Hanbin is not a good actor. He sounds about two seconds away from laughing the whole time, but Gyuvin must be worn down enough from guilt for it to work, because Hanbin gives him an exaggerated thumbs up.

“I thought this was where you wanted to meet… what do– oh for fuck’s sake, Gyuvin.” Hanbin lets the statement sit in order to cover his phone and lean his face away to cough out a giggle. “This is what happens when you try to meddle and trick people. Now poor Hao hyung is sitting all alone. You had better call him and explain and apologise. Properly.”

Hanbin hangs up and sets his phone down, then their eyes meet and all hope of composure is lost.

“Why would you tell him to call me, I can’t…” He manages to push the words through his cackles, and screeches when his phone screen lights up. “Ah, no, Hanbin, what do I do? I can’t answer!”

They watch the phone go dark, then light up again, still laughing as the waiter (who looks unimpressed, to say the least) brings them their menus and another shot glass.

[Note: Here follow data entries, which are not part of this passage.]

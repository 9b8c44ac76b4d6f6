// Sessions: lists of steps over one blob.
ghost use Rattle.std.specs.Prelude.{◌≡◌, ◌∷◌, [], ℕ, Vec, option_map, IfErr, OnOk, false};
ghost use Rattle.std.specs.declared.alloc.Global.{Global};
ghost use Rattle.cache.specs.CacheState.{CacheState};
ghost use Rattle.cache.specs.Pages.{IsFresh};
ghost use Rattle.paged_read.specs.Replay.{LeavesAllReplays};
ghost use Rattle.paged_read.specs.Snapshots.{LeavesAllTails};
ghost use Rattle.paged_read.specs.Tail.{CanRead, Tail};
ghost use Rattle.writer_state.specs.Sound.{IsSound};
ghost use Rattle.disk.specs.Disk.{Disk};
ghost use Rattle.paged.specs.Caches.{tail_of};
ghost use Rattle.paged.specs.Reads.{size_of};
ghost use Rattle.session.specs.Others.{LeavesOtherBlobs, WriterLeavesOthers};
ghost use Rattle.session.specs.Run.{CacheFits, FitsWriter, HasSoundWriter, IsSoundSession};
ghost use Rattle.session.specs.Run.{IsSessionReady, TookNone};
ghost use Rattle.session.specs.Promise.{Promises, RepresentsWhereSound, closed, session_of};
ghost use Rattle.session.specs.Calls.{DidBegin, is_given, IsOfEither, KeepsSnapshots};
ghost use Rattle.session.specs.Calls.{KeepsUncut};
ghost use Rattle.session.specs.Calls.{DidAppend, DidCall, DidTruncate, LeavesTaken, RunGoes};
ghost use Rattle.session.specs.Calls.{Steps, TakenBy};
ghost use Rattle.session.specs.Calls.{DidWaitFor};

use crate::held::Held;
use crate::names::Names;
use crate::phase::WriterPhase;
use crate::replays::forget;
use crate::steps::{Reply, Step};
use cache::CacheRef;
use disk::{Blob, Error, StartedSync};
use page::Sum;
use paged::{Recovery, Replay, Sealed, Writer, wait_sync};
use std::alloc::Global;
use std::marker::Model;

/// A writer that steps are taken on, or none, the names of the syncs that it started, and the
/// snapshots and the replays that were made of it.
///
/// A step whose call takes the writer and is refused closes the session, and so does a seal. A
/// closed session keeps its names, its snapshots and its replays: a caller can still wait for the
/// started syncs, read the snapshots, and go on with the replays. A truncate forgets the replays.
/// What isn't let go is kept until the session is dropped.
pub struct Session<B, H> {
    pub(crate) alloc: Global,
    pub(crate) phase: WriterPhase<B, H>,
    pub(crate) names: Names,
    // None in the place of one that was let go, or of a replay that was forgotten.
    pub(crate) snapshots: Vec<Option<Sealed<B, H>>>,
    pub(crate) replays: Vec<Option<Replay<B, H>>>,
}

// By hand, so that an owner lets one go by one call: of a derived drop, a proof follows each field
// at each exit.
impl<B, H> Drop for Session<B, H> {
    fn drop(self) {
        let Session {
            alloc: _,
            phase: _,
            names: _,
            snapshots: _,
            replays: _,
        } = self;
    }
}

impl<B, H> Model for Session<B, H> {
    ghost use Rattle.session.specs.Run.{SessionState};
    ghost use Rattle.session.specs.Phase.{is_in_recovery, writer_in};

    ghost Value = { SessionState };

    ghost view = { λ s. record {
      writer = writer_in s.phase;
      recovering = is_in_recovery s.phase;
      names = s.names.items;
      snapshots = s.snapshots.items;
      replays = s.replays.items;
    } };
}

impl<B, H> Session<B, H> {
    /// A session without a writer.
    pub fn closed(alloc: Global) -> Self
        ensures { result ≡ closed }
    {
        Session {
            alloc,
            phase: WriterPhase::Appending(Held::none(alloc)),
            names: Names::new(alloc),
            snapshots: Vec::new(alloc),
            replays: Vec::new(alloc),
        }
    }
}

“We’re evil,” he says, pouring the soju out and passing a glass to Hanbin. “We’re terrible people. You’re a horrible father.”

Hanbin just smiles at him, a little sheepish, and pushes the second shot glass back across the table.

“I’m trying to take responsibility for my mistakes, you did say it was my fault. Also, sorry, but I brought the car.”

Zhang Hao looks at it for a second, then picks it up and downs it to follow his own.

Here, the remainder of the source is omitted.